Posture is everything !

28 12 2010

Exercise is done best with good posture and when you train your posture properly it affects everything else that you do. This means that the right exercise can equal fewer backaches and injuries caused by chronic poor posture!
If you have chronic poor posture, over time that position causes muscular tightness and weakness which can eventually lead to back and joint pain. The good news is that you can often correct posture through Strength Training!

Your core includes all the muscles in your torso and pelvis. These muscles stabilize every movement that you do.
Not only that, but your core muscles work together as a unit. If you have ever had a sore back, abs, or groin muscles you understand how those muscles work in every action that you do.

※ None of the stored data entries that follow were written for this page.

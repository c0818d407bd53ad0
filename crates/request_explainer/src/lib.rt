//! Why a request is granted or refused: each rule that it asks, with what the rule answers and what its expression
//! looks at.
//!
//! Contracts state which rules are asked by `specs/Asked`. What the layers above need is [`explain_read`] and
//! [`explain_writes`]: the verdict of each is that of the judge.
#![tactic(auto)]

mod asked;
mod place;
mod places;
mod requests;

pub use asked::AskedRule;
pub use place::Place;
pub use requests::{Explanation, explain_read, explain_writes};
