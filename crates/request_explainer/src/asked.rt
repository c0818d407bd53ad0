//! The rules that are asked at places, one after another.
ghost use Rattle.std.specs.Prelude.{◌≡◌, ◌++◌, map, option_map, IfOk, OnOk};
ghost use Rattle.judge.specs.Question.{scene_of};
ghost use Rattle.judge.specs.Placed.{placed_of, rule_at};
ghost use Rattle.request_explainer.specs.Asked.{AskedRule as AnyAsked, asked_of, asked_rule};
ghost use Rattle.request_explainer.specs.Working.{question_of, kind_of, is_last, asked_at_each, places_by};

use crate::place::Place;
use arena_snapshot::View;
use bumpalo::Bump;
use evaluator::{Asked, Outcome};
use explainer::{Look, explain};
use json_tree::NoMemory;
use judge::{PlacedRule, Scene, read_rule_at, validate_rule_at, write_rule_at};
use rules_reader::Kind;
use std::alloc::Global;

/// A rule that a request asks. (Reference, rules types.)
#[derive(Drop)]
pub struct AskedRule<'a> {
    pub kind: Kind,
    /// Where the rule is asked.
    pub place: &'a Place<'a>,
    pub rule: PlacedRule<'a>,
    /// What the expression of the rule looks at, the whole last.
    pub looks: Vec<Look<'a>>,
}

/// What is asked of the rules: whether a read is granted, or whether writes are, which propose this tree, or whether
/// they are valid.
#[derive(Clone, Copy)]
pub(crate) enum Inquiry<'a> {
    Read(&'a Asked<'a>),
    Write(&'a Option<View<'a>>),
    Validate(&'a Option<View<'a>>),
}

impl<'a> Inquiry<'a> {
    fn kind(self) -> Kind
        ensures { result ≡ kind_of self.entry }
    {
        match self {
            Inquiry::Read(_) => Kind::Read,
            Inquiry::Write(_) => Kind::Write,
            Inquiry::Validate(_) => Kind::Validate,
        }
    }

    // The rule that stands at a place, if one does.
    fn rule_at(
        self,
        arena: &'a Bump,
        scene: &'a Scene<'a>,
        place: &'a Place<'a>,
    ) -> Result<Option<PlacedRule<'a>>, NoMemory>
        ensures { IfOk result (λ rule. option_map placed_of rule ≡ rule_at (question_of (scene_of scene.now) self.entry) (kind_of self.entry) place.now) }
    {
        let keys = place.keys();
        match self {
            Inquiry::Read(asked) => read_rule_at(arena, scene, asked, keys),
            Inquiry::Write(coming) => write_rule_at(arena, scene, coming, keys),
            Inquiry::Validate(coming) => validate_rule_at(arena, scene, coming, keys),
        }
    }

    // Whether no rule is asked behind one that answers so.
    fn ends_at(self, answer: Outcome) -> bool
        ensures { (asked : AnyAsked) → asked.rule.answer ≡ answer → result ≡ is_last self.entry asked }
    {
        match self {
            Inquiry::Read(_) | Inquiry::Write(_) => matches!(answer, Outcome::Yes),
            Inquiry::Validate(_) => !matches!(answer, Outcome::Yes),
        }
    }
}

/// Appends the rules that are asked at these places, one after another: as far as one that holds, or as a `.validate`
/// that does not. Each costs what the walk to its place and [`explain`] do.
pub(crate) fn ask_each<'a>(
    alloc: Global,
    arena: &'a Bump,
    scene: &'a Scene<'a>,
    inquiry: Inquiry<'a>,
    places: &[&'a Place<'a>],
    asked: &mut Vec<AskedRule<'a>>,
) -> Result<(), NoMemory>
    ensures { OnOk result (map asked_of asked.new.items ≡ map asked_of asked.old.items ++ asked_at_each (scene_of scene.now) inquiry.entry (places_by places.now)) }
{
    for place in places {
        let Some(rule) = inquiry.rule_at(arena, scene, place)? else {
            continue;
        };
        let is_last = inquiry.ends_at(rule.answer);
        asked.push(explained(alloc, arena, inquiry.kind(), place, rule)?)?;
        if is_last {
            return Ok(());
        }
    }
    Ok(())
}

// A rule that is asked at a place, with what its expression looks at.
fn explained<'a>(
    alloc: Global,
    arena: &'a Bump,
    kind: Kind,
    place: &'a Place<'a>,
    rule: PlacedRule<'a>,
) -> Result<AskedRule<'a>, NoMemory>
    ensures { IfOk result (λ asked. asked_of asked ≡ asked_rule kind place.now (placed_of rule.entry)) }
{
    let looks = explain(alloc, arena, rule.rule.expr(), &rule.env())?;
    Ok(AskedRule {
        kind,
        place,
        rule,
        looks,
    })
}
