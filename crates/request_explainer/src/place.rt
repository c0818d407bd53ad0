//! A place, by its keys.
ghost use Rattle.std.specs.Prelude.{◌≡◌, ◌<◌, ◌≤◌, ◌++◌, [], ◌∷◌, take, length, IfOk};
ghost use Rattle.tree_model.specs.declared.limits.TheConstants.{MAX_DEPTH as most_keys};
ghost use Rattle.judge.specs.Placed.{path_by};

use bumpalo::Bump;
use json_tree::{Key, NoMemory};
use std::marker::Model;

/// A place, by its keys, which are borrowed and listed in an arena: at most 32. Contracts see the path.
#[derive(Drop)]
pub struct Place<'a> {
    held: Vec<&'a Key, &'a Bump>,
}

impl<'a> Model for Place<'a> {
    ghost use Rattle.std.specs.Prelude.{◌≤◌, ℕ, List, length};
    ghost use Rattle.std.specs.Coded.{coded_list, coded_ℕ};
    ghost use Rattle.tree_model.specs.declared.limits.TheConstants.{MAX_DEPTH};
    ghost use Rattle.judge.specs.Placed.{path_by};

    ghost Value = { List (List ℕ) };

    ghost coded = { coded_list (coded_list coded_ℕ) };

    ghost view = { λ place. path_by place.held.items };

    ghost invariant = { λ place. length place.held.items ≤ MAX_DEPTH };
}

impl<'a> Place<'a> {
    /// The keys, from the root on. It takes no memory.
    pub fn keys(&self) -> &[&'a Key]
        ensures keys { path_by result.now ≡ self.now }
        ensures few { length result.now ≤ most_keys }
    {
        self.held.as_slice()
    }

    /// The root, in the arena.
    pub(crate) fn root(arena: &'a Bump) -> Result<&'a Place<'a>, NoMemory>
        ensures { IfOk result (λ place. place.now ≡ []) }
    {
        let place = arena.try_alloc(Place {
            held: Vec::new(arena),
        })?;
        Ok(place)
    }

    /// The first of these keys, in the arena.
    pub(crate) fn front(
        arena: &'a Bump,
        keys: &'a [Key],
        count: usize,
    ) -> Result<&'a Place<'a>, NoMemory>
        requires within { count ≤ length keys.now }
        requires few { length keys.now ≤ most_keys }
        ensures { IfOk result (λ place. place.now ≡ take count keys.now) }
    {
        let front = &keys[..count];
        let mut held = Vec::with_capacity(arena, count)?;
        for key in front {
            held.push(key)?;
        }
        let place = arena.try_alloc(Place { held })?;
        Ok(place)
    }

    /// The place one key further down, in the arena.
    pub(crate) fn below(&self, arena: &'a Bump, key: &'a Key) -> Result<&'a Place<'a>, NoMemory>
        requires { length self.now < most_keys }
        ensures { IfOk result (λ place. place.now ≡ self.now ++ key.now ∷ []) }
    {
        let above = self.held.as_slice();
        let mut held = Vec::with_capacity(arena, above.len() + 1)?;
        for key in above {
            held.push(*key)?;
        }
        held.push(key)?;
        let place = arena.try_alloc(Place { held })?;
        Ok(place)
    }
}
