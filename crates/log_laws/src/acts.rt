//! Laws of what acts in a log. Each function does nothing: its contract is the law.
ghost use Rattle.std.specs.Prelude.{◌≡◌, ◌<◌, ◌≤◌, ℕ, List, ◌++◌, length, find, is_some, nat_lt, ◌==◌, ◌&&◌, filter};
ghost use Rattle.std.specs.List.{AllByRecursion};
ghost use Rattle.delos_types.specs.declared.entry.Entry.{Entry};
ghost use Rattle.engine_api.specs.Acted.{asked_in};
ghost use Rattle.engine_api.specs.Order.{gap_from};
ghost use Rattle.log_laws.specs.State.{acts_in};
ghost use Rattle.log_laws.specs.Order.{EachPair, ActsBefore, acts_below};
ghost use Rattle.log_laws.specs.Appearing.{HasAppeared, StandsIn};

/// What acts comes in the order of its places; at one place the ranks of one session act, in order.
pub fn acts_are_in_order()
    ensures { (log : List Entry) → EachPair ActsBefore (acts_in log) }
{}

/// What acts has the command of the first appearance of its rank, which isn't behind its place.
pub fn an_act_has_appeared()
    ensures { (log : List Entry) → AllByRecursion (HasAppeared (asked_in 0 log)) (acts_in log) }
{}

/// What acts in a front of a log is what acts in the log below the front's end.
pub fn a_front_acts_as_before()
    ensures { (log more : List Entry) → acts_in log ≡ acts_below (length log) (acts_in (log ++ more)) }
{}

/// Of each session those ranks act before which none is missing.
pub fn ranks_act_in_turn()
    ensures { (log : List Entry) (s q : ℕ) → 1 ≤ q
        → is_some (find (λ a. (a.session == s) && (a.rank == q)) (acts_in log)) ≡ nat_lt q (gap_from (asked_in 0 log) s 1) }
{}

/// Each rank that appears is an item of the entry at its position.
pub fn what_appears_stands()
    ensures { (log : List Entry) → AllByRecursion (StandsIn log) (asked_in 0 log) }
{}
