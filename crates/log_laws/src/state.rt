//! Laws of what the engines do together: functions that do nothing, each with a law as its contract.
ghost use Rattle.std.specs.Prelude.{[]};
ghost use Rattle.std.specs.FinMap as map;
ghost use Rattle.log_laws.specs.Laws.{ActsInSessionOrder, GrowsByAnEntry};
ghost use Rattle.log_laws.specs.State.{IsStateOf};

/// The empty space is the state of the empty log.
pub fn starts_empty()
    ensures { IsStateOf [] map.empty }
{}

/// For every list of items, the session engine lets act what session order says.
pub fn acts_in_session_order()
    ensures { ActsInSessionOrder }
{}

/// An entry that is applied to the state of a log leaves the state of the log with it at its end,
/// and tells what acted.
pub fn grows_by_an_entry()
    ensures { GrowsByAnEntry }
{}
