//! What goes up the stack, and what comes out of it.
use delos_types::bytes::Bytes;
use delos_types::item::Item;
use delos_types::numbers::{Rank, SessionId};
use delos_types::place::Place;

/// An item on its way up, with the place at which it stands or was freed.
#[derive(Drop)]
pub struct Rising {
    pub place: Place,
    pub item: Item,
}

/// The reply of an item, and where it acted.
#[derive(Drop)]
pub struct Told {
    pub place: Place,
    pub item: Item,
    pub reply: Bytes,
}

/// A rank that acted, where, and its reply in bytes: none where its payload spelled no command.
#[derive(Drop)]
pub struct Acted {
    pub place: Place,
    pub session: SessionId,
    pub rank: Rank,
    pub reply: Bytes,
}
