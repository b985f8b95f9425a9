//! Laws of members and their positions. Each function does nothing: its contract is the law.
ghost use Rattle.std.specs.Prelude.{◌≡◌, ◌⊎◌, ◌<◌, ◌≤◌, ◌++◌, ℕ, true, false, List, Contains};
ghost use Rattle.delos_types.specs.declared.entry.Entry.{Entry};
ghost use Rattle.engine_api.specs.declared.content.Content.TheVariants.{Alive, Leave, Trim};
ghost use Rattle.engine_api.specs.declared.content.Placed.{Placed};
ghost use Rattle.engine_api.specs.Acted.{unpack_all};
ghost use Rattle.engine_api.specs.Members.{has_left, position_of, least_position, trim_point};
ghost use Rattle.log_laws.specs.Least.{IsLeast};

/// A node has left exactly where its leave stands in the log.
pub fn who_left_said_so()
    ensures says { (placed : List Placed) (node : ℕ) → has_left placed node ≡ true → (p : Placed) × Contains placed p × (p.content ≡ Leave node) }
    ensures left { (placed : List Placed) (p : Placed) (node : ℕ) → Contains placed p → p.content ≡ Leave node → has_left placed node ≡ true }
{}

/// A node's position is none, or one that it reported, and none that it reported is above it.
pub fn a_position_was_reported()
    ensures says { (placed : List Placed) (node : ℕ) → (position_of placed node ≡ 0) ⊎ ((p : Placed) × Contains placed p × (p.content ≡ Alive node (position_of placed node))) }
    ensures most { (placed : List Placed) (p : Placed) (node n : ℕ) → Contains placed p → p.content ≡ Alive node n → n ≤ position_of placed node }
{}

/// The trim point is none, or one that was asked for, and none that was asked for is above it.
pub fn a_trim_point_was_asked_for()
    ensures says { (placed : List Placed) → (trim_point placed ≡ 0) ⊎ ((p : Placed) × Contains placed p × (p.content ≡ Trim (trim_point placed))) }
    ensures most { (placed : List Placed) (p : Placed) (n : ℕ) → Contains placed p → p.content ≡ Trim n → n ≤ trim_point placed }
{}

/// The least position is at most that of each member, and where there is one it is that of one.
pub fn the_least_is_a_members()
    ensures upto { (nodes node : ℕ) (placed : List Placed) → 1 ≤ node → node ≤ nodes → has_left placed node ≡ false → least_position nodes placed ≤ position_of placed node }
    ensures at { (nodes node : ℕ) (placed : List Placed) → 1 ≤ node → node ≤ nodes → has_left placed node ≡ false → IsLeast nodes placed }
    ensures some { (nodes : ℕ) (placed : List Placed) → 0 < least_position nodes placed → IsLeast nodes placed }
{}

/// As a log grows its trim point doesn't fall, nor the least position, as long as somebody is a member.
pub fn a_longer_log_needs_less()
    ensures point { (log more : List Entry) → trim_point (unpack_all 0 log) ≤ trim_point (unpack_all 0 (log ++ more)) }
    ensures least { (nodes node : ℕ) (log more : List Entry) → 1 ≤ node → node ≤ nodes → has_left (unpack_all 0 (log ++ more)) node ≡ false
        → least_position nodes (unpack_all 0 log) ≤ least_position nodes (unpack_all 0 (log ++ more)) }
{}
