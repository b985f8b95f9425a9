//! Laws of a log: what its entries do, one after another, in a space; in which order commands act, and what each is told; and what
//! members say in it.
//!
//! - `acts`: which commands act, where, and in which order.
//! - `members`: who is a member, and how much of the log members need.
//! - `reply`: a reply is read off its bytes.
//! - `rising`: what goes up the stack, and what comes out of it.
//! - `state`: the steps of each kind, over all items of an entry, keep a space that is the state of the log.
//! - `texts`: what a command that acts is told.
#![tactic(auto)]

pub mod acts;
pub mod members;
pub mod reply;
pub mod rising;
pub mod state;
pub mod texts;
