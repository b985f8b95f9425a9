//! Replies, read back from their texts.
ghost use Rattle.std.specs.Prelude.{◌≡◌, Option, IfOk};
ghost use Rattle.table_core.specs.declared.command.Reply.{Reply};
ghost use Rattle.engine_steps.specs.Replies.{reply_text};
ghost use Rattle.log_laws.specs.Told.{IsTold, IsTextOf};
ghost use Rattle.log_laws.specs.Reading as reading;

use delos_types::bytes::Bytes;
use std::alloc::{AllocError, Global};
use table_core::command::Reply;

/// The reply whose text these bytes are; None where they are no bytes, which is what bytes that
/// spelled no command are answered, and where they are no reply's text.
pub fn read_reply(alloc: Global, text: &[u8]) -> Result<Option<Reply>, AllocError>
    ensures told { (r : Option Reply) → IsTold r → text.now ≡ reply_text r → IfOk result (λ reply. reply ≡ r) }
    ensures only { IfOk result (IsTextOf text.now) }
{
    let Some((tag, bytes)) = text.split_first() else {
        return Ok(None);
    };
    reply_with(alloc, *tag, bytes)
}

// The reply of a tag, where the bytes are what stands behind it.
fn reply_with(alloc: Global, tag: u8, bytes: &[u8]) -> Result<Option<Reply>, AllocError>
    ensures { IfOk result (λ read. read ≡ reading.reply_with tag bytes.now) }
{
    match tag {
        1 => Ok(if_whole(Reply::Done, bytes)),
        2 => Ok(if_whole(Reply::Absent, bytes)),
        3 => was_of(alloc, bytes),
        4 => Ok(number_of(bytes)),
        5 => Ok(if_whole(Reply::Full, bytes)),
        6 => Ok(if_whole(Reply::NotNumber, bytes)),
        _ => Ok(None),
    }
}

// The reply, where nothing stands behind its tag.
fn if_whole(reply: Reply, bytes: &[u8]) -> Option<Reply>
    ensures { result ≡ reading.if_whole reply bytes.now }
{
    if !bytes.is_empty() {
        return None;
    }
    Some(reply)
}

fn was_of(alloc: Global, bytes: &[u8]) -> Result<Option<Reply>, AllocError>
    ensures { IfOk result (λ read. read ≡ reading.was_of bytes.now) }
{
    let [high, low, value @ ..] = bytes else {
        return Ok(None);
    };
    let len = u16::from_be_bytes([*high, *low]);
    if len as usize != value.len() % 65536 {
        return Ok(None);
    }
    let value = Bytes::from_slice(alloc, value)?;
    Ok(Some(Reply::Was(value)))
}

fn number_of(bytes: &[u8]) -> Option<Reply>
    ensures { result ≡ reading.number_of bytes.now }
{
    let [a, b, c, d, e, f, g, h] = bytes else {
        return None;
    };
    let number = i64::from_be_bytes([*a, *b, *c, *d, *e, *f, *g, *h]);
    Some(Reply::Number(number))
}
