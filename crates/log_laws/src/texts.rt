//! Laws of the replies that commands are given. A law is a function that does nothing, with the
//! law as its contract.
ghost use Rattle.std.specs.Prelude.{List};
ghost use Rattle.std.specs.List.{AllByRecursion};
ghost use Rattle.delos_types.specs.declared.entry.Entry.{Entry};
ghost use Rattle.log_laws.specs.State.{acts_in};
ghost use Rattle.log_laws.specs.Told.{IsTold};

/// Each reply that a command is given as it acts, in any log, reads back from its text.
pub fn what_acts_is_told()
    ensures { (log : List Entry) → AllByRecursion (λ a. IsTold a.reply) (acts_in log) }
{}
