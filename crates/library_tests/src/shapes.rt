//! Trees in which each directory has equal nodes.

ghost use Rattle.quota_evict.specs.InPool.{IsViewInPool};

use crate::stored::store;
use actions::{Plan, TreeFault, walk};
use blob_pool::Pool;
use digest::Digest;
use instance_view::{Sight, View};
use keyed_maps::MapKey;
use protobuf_wire::Message;
use reapi_messages as messages;
use std::alloc::{AllocError, Global};
use tree_messages::{Directory, DirectoryNode, SymlinkNode};

/// How a walk ends.
#[derive(Clone, Copy, PartialEq, Eq)]
pub enum Ending {
    /// With so many nodes.
    Nodes(usize),
    /// With so many texts missing.
    Missing(usize),
    BadDirectory,
    TooMany,
    TooDeep,
    NoMemory,
}

/// A tree of so many levels, in which each directory has so many symbolic links and, but for the
/// last level, so many directories, all of one digest.
pub struct Shape {
    pub name: &'static str,
    pub levels: usize,
    pub links: usize,
    pub directories: usize,
    pub ending: Ending,
}

pub fn ending_of(answer: &Result<Plan, TreeFault>) -> Ending {
    match answer {
        Ok(plan) => Ending::Nodes(plan.nodes.len()),
        Err(TreeFault::Missing(digests)) => Ending::Missing(digests.len()),
        Err(TreeFault::BadDirectory) => Ending::BadDirectory,
        Err(TreeFault::TooMany) => Ending::TooMany,
        Err(TreeFault::TooDeep) => Ending::TooDeep,
        Err(TreeFault::NoMemory) => Ending::NoMemory,
    }
}

/// So many names, in order.
fn names(alloc: Global, letter: &str, count: usize) -> Result<Vec<String>, AllocError> {
    let mut names = Vec::new(alloc);
    for i in 0..count {
        names.push(format!(in alloc; "{letter}{i:05}")?)?;
    }
    Ok(names)
}

fn link_nodes<'a>(alloc: Global, names: &'a [String]) -> Result<Vec<SymlinkNode<'a>>, AllocError> {
    let mut nodes = Vec::new(alloc);
    for name in names {
        let target = "target";
        nodes.push(SymlinkNode { name, target })?;
    }
    Ok(nodes)
}

fn directory_nodes<'a>(
    alloc: Global,
    names: &'a [String],
    digest: messages::Digest<'a>,
) -> Result<Vec<DirectoryNode<'a>>, AllocError> {
    let mut nodes = Vec::new(alloc);
    for name in names {
        let digest = Some(digest);
        nodes.push(DirectoryNode { name, digest })?;
    }
    Ok(nodes)
}

/// The text of a directory with symbolic links of these names, and directories of these names and
/// one digest.
fn directory_text<'a>(
    alloc: Global,
    links: &'a [String],
    directories: &'a [String],
    digest: messages::Digest<'a>,
) -> Result<Vec<u8>, AllocError> {
    let directory = Directory {
        files: Vec::new(alloc),
        directories: directory_nodes(alloc, directories, digest)?,
        symlinks: link_nodes(alloc, links)?,
    };
    directory.encode(alloc)
}

/// Stores a directory with symbolic links of these names, and directories of these names and one
/// digest.
fn store_directory(
    alloc: Global,
    view: &mut View,
    pool: &mut Pool,
    links: &[String],
    directories: &[String],
    below: &Digest,
) -> Result<Digest, AllocError>
    requires kept { IsViewInPool 100000000 pool.old view.old }
    ensures kept { IsViewInPool 100000000 pool.new view.new }
{
    let hash = hex::encode(alloc, below.hash.as_bytes())?;
    let size_bytes = i64::try_from(below.size).unwrap_or(0);
    let digest = messages::Digest {
        hash: &hash,
        size_bytes,
    };
    let text = directory_text(alloc, links, directories, digest)?;
    store(view, pool, &text)
}

/// Stores the directories of a tree, and gives the digest of its root.
fn store_tree(
    alloc: Global,
    view: &mut View,
    pool: &mut Pool,
    shape: &Shape,
) -> Result<Digest, AllocError>
    requires kept { IsViewInPool 100000000 pool.old view.old }
    ensures kept { IsViewInPool 100000000 pool.new view.new }
{
    let links = names(alloc, "l", shape.links)?;
    let directories = names(alloc, "d", shape.directories)?;
    let mut root = store_directory(alloc, view, pool, &links, &[], &Digest::of(&[]))?;
    for _level in 1..shape.levels {
        root = store_directory(alloc, view, pool, &links, &directories, &root)?;
    }
    Ok(root)
}

/// How the walk through a tree ends.
fn walked(alloc: Global, shape: &Shape) -> Result<Ending, AllocError> {
    let mut pool = Pool::new(alloc, MapKey::known());
    let mut view = View::new(alloc, MapKey::known(), 100)?;
    let root = store_tree(alloc, &mut view, &mut pool, shape)?;
    let nobody = View::new(alloc, MapKey::known(), 1)?;
    let sight = Sight::new(&view, &nobody);
    Ok(ending_of(&walk(alloc, &sight, &pool, &root)))
}

/// The first of the shapes whose walk ends otherwise than it says.
pub fn walked_otherwise(
    alloc: Global,
    shapes: &[Shape],
) -> Result<Option<&'static str>, AllocError> {
    for shape in shapes {
        if walked(alloc, shape)? != shape.ending {
            return Ok(Some(shape.name));
        }
    }
    Ok(None)
}
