//! Why a call is refused, and the status that says so.

ghost use Rattle.std.specs.Prelude.{◌≡◌, pos};
ghost use Rattle.rpc.specs.Status.{code_of, text_of};

/// Why a call, or one blob of a batch, is refused.
#[derive(Clone, Copy, Debug, PartialEq, Eq)]
pub enum Refusal {
    /// The path names no known method, or one that is not served.
    UnknownMethod,
    /// A message's flag says that it is compressed.
    CompressedMessage,
    /// A message is longer than 4,194,304 bytes.
    MessageTooLarge,
    /// The request ends inside a message.
    MessageCutOff,
    /// The request ends without a message.
    NoMessage,
    /// A method that takes one message was sent another.
    MoreThanOneMessage,
    /// The message does not read as the method's request.
    MalformedMessage,
    /// The instance name is neither empty nor the connection's own.
    UnknownInstance,
    /// The digest function is neither unset nor SHA-256 or SHA-512.
    UnsupportedDigestFunction,
    /// The compressor is not the identity.
    UnsupportedCompressor,
    /// The hash is neither 64 nor 128 lower-case hexadecimal digits, it is by another function than
    /// the call names, or the size is negative.
    BadDigest,
    /// The blobs of a batch have more than 4,000,000 bytes together.
    BatchTooLarge,
    /// The bytes are not those that the digest names.
    DigestDoesNotMatch,
    /// A blob is longer than the instance's quota.
    QuotaExceeded,
    /// There is no blob of the digest.
    BlobNotFound,
    /// The resource name has not the form, or is another than the one that the `Write` began with.
    BadResourceName,
    /// The limit of a `Read` is negative.
    NegativeLimit,
    /// The offset of a `Read` is negative or past the blob's size.
    OffsetOutOfRange,
    /// The bytes of a `Write` do not begin where the upload so far ends, or the upload is gone.
    WrongOffset,
    /// The instance has 64 unfinished uploads.
    TooManyUploads,
    /// There is no such upload.
    UploadNotFound,
    /// The size of a page is negative, or its token is no place of the list.
    BadPage,
    /// The root of a tree is no directory that a file system can have.
    BadDirectory,
    /// A tree has more than 10,000 directories.
    TreeTooLarge,
    /// There is no complete result of the action.
    NoResult,
    /// The instance runs no actions.
    ExecutionIsOff,
    /// As many actions wait as may, or no number is left for another.
    QueueFull,
    /// No execution of the instance has the name, or it ended too long ago.
    UnknownOperation,
}

impl Refusal {
    /// The gRPC status code.
    pub fn code(self) -> i32
        ensures { result ≡ pos (code_of self) }
    {
        match self {
            Refusal::MessageTooLarge
            | Refusal::QuotaExceeded
            | Refusal::TooManyUploads
            | Refusal::TreeTooLarge
            | Refusal::QueueFull => 8,
            Refusal::UnknownInstance
            | Refusal::BlobNotFound
            | Refusal::UploadNotFound
            | Refusal::NoResult
            | Refusal::UnknownOperation => 5,
            Refusal::OffsetOutOfRange => 11,
            Refusal::UnknownMethod | Refusal::CompressedMessage | Refusal::ExecutionIsOff => 12,
            Refusal::MessageCutOff => 13,
            Refusal::NoMessage
            | Refusal::MoreThanOneMessage
            | Refusal::MalformedMessage
            | Refusal::UnsupportedDigestFunction
            | Refusal::UnsupportedCompressor
            | Refusal::BadDigest
            | Refusal::BatchTooLarge
            | Refusal::DigestDoesNotMatch
            | Refusal::BadResourceName
            | Refusal::NegativeLimit
            | Refusal::WrongOffset
            | Refusal::BadPage
            | Refusal::BadDirectory => 3,
        }
    }

    /// The text that goes with the code, as `grpc-message`.
    pub fn text(self) -> &'static str
        ensures { result.now ≡ text_of self }
    {
        match self {
            Refusal::UnknownMethod => "unknown method",
            Refusal::CompressedMessage => "compressed message",
            Refusal::MessageTooLarge => "message too large",
            Refusal::MessageCutOff => "message cut off",
            Refusal::NoMessage => "no message",
            Refusal::MoreThanOneMessage => "more than one message",
            Refusal::MalformedMessage => "malformed message",
            Refusal::UnknownInstance => "unknown instance",
            Refusal::UnsupportedDigestFunction => "unsupported digest function",
            Refusal::UnsupportedCompressor => "unsupported compressor",
            Refusal::BadDigest => "bad digest",
            Refusal::BatchTooLarge => "batch too large",
            Refusal::DigestDoesNotMatch => "digest does not match",
            Refusal::QuotaExceeded => "quota exceeded",
            Refusal::BlobNotFound => "blob not found",
            Refusal::BadResourceName => "bad resource name",
            Refusal::NegativeLimit => "negative limit",
            Refusal::OffsetOutOfRange => "offset out of range",
            Refusal::WrongOffset => "wrong offset",
            Refusal::TooManyUploads => "too many uploads",
            Refusal::UploadNotFound => "upload not found",
            Refusal::BadPage => "bad page",
            Refusal::BadDirectory => "bad directory",
            Refusal::TreeTooLarge => "tree too large",
            Refusal::NoResult => "no result",
            Refusal::ExecutionIsOff => "execution is off",
            Refusal::QueueFull => "queue full",
            Refusal::UnknownOperation => "unknown operation",
        }
    }
}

It is not enough to simply do abdominal exercises to have a strong core. You can have tight abdominals and still have a weak low back or rounded shoulders, which contributes to postural imbalance.

 

Bad posture can manifest itself in a variety of ways. Some of the more common signs of incorrect postural alignment include the following:

  •  Protruding abdomen
  •  Hyper extended knees
  •  Rounded or uneven shoulders
  •  Curved spine
  •  Sunken chest
  •  Unusually flat back
  •  Swayed back
  •  Uneven hips
  •  Neck craned too far forward
  •  Chin thrust out

Bad posture may contribute to:

  •   Limited flexibility and range of motion
  •   Loss of vital lung capacity
  •   Distorted skeletal alignment
  •   Headaches
  •   Joint stiffness and pain
  •   Jaw pain
  •   Reduction of blood and oxygen to the brain
  •   Muscular tension
  •   Wear and tear on connective tissue
  •   Predisposition to injury

Here are some posture tips for common activities:

Walking:

 Avoid locking your knees as you walk.

 Spring up lightly with each step.

 Try and keep the pelvis level with each step.

 Relax your arms, letting them swing straight ahead.

Standing at a table or sink:

 Bend one knee, placing the foot up on a box to relieve stress on the lower back.

Sitting:

  •  Adjust the seat to fit your body’s size and shape. The seat should provide support and comfort.
  •  The seat should be lightly padded, providing firm back support.
  •  The seat back rest should arch forward and support the lower back’s natural curve. Use a pillow if this is not the case.
  •  Match the seat height to the desk or counter height.
  •  Your thighs should be parallel to the floor.
  •  Your knees should be slightly higher than hip level.
  •  Keep your feet on the floor.
  •  Your elbows should be at desktop or counter height.
  •  When sitting for extended periods, get up and move around every fifteen minutes or so.
  •  Keep your back upright and avoid forward lean of the neck and head.

Lifting:

  •  Lifting should be done by bending at the knees, keeping the back in an upright position.

Reaching:

  • Avoid reaching for objects when you are bent forward or the trunk is hyper extended.

Carrying objects:

  •  Keep the object as close to the body as you can to prevent back strain.
  •   If you carry a bag or case on one side or shoulder, regularly shift the object from side to side to ease stress and avoid muscular imbalance.
  •  If possible, carry objects at shoulder level or on the shoulder (“waiter style”) to keep the center of weight over the center of your body.

Driving:

  •  Adjust the seat to fit your body. Use a pillow or pad if the seat is not adjustable.
  •  Avoid discomfort by moving the seat forward so that your knees are slightly flexed.
  •  Relax those muscles that are not involved in driving control. Avoid tensing the shoulders, neck and back.
  •  Take frequent rest breaks during long drives.

Talking on the telephone:

  •  Avoid bending the head and neck to one side while talking on the phone.

Choosing footwear:

  •  Avoid excessive use of high heels. They can place too much weight on the front of the foot, while forcing the back and pelvis to overcompensate.
  •  Avoid excessive use of stiff, hard-soled shoes or sandals with flat bottoms.
  •  Choose shoes that match the exact size and width of your feet.
  •  Select footwear that has ample cushioning and support.

Activity choices:

  •  Avoid activities that are associated with previous episodes of lower back pain.
  •  Always warm-up and cool-down before and after all activities.
  •  Use proper techniques associated with each activity while remaining aware of postural positioning.




Importance of Stretching

23 12 2010

With age the muscles tighten and the range of motion in the joints can be minimized. This can become an obstacle for an active lifestyle and even make day-to-day, normal motions difficult. Tasks that used to be simple, such as zipping up a dress or reaching for a can off of the top shelf, now become extremely challenging. A regular stretching program can help lengthen your muscles and make daily living activities easier.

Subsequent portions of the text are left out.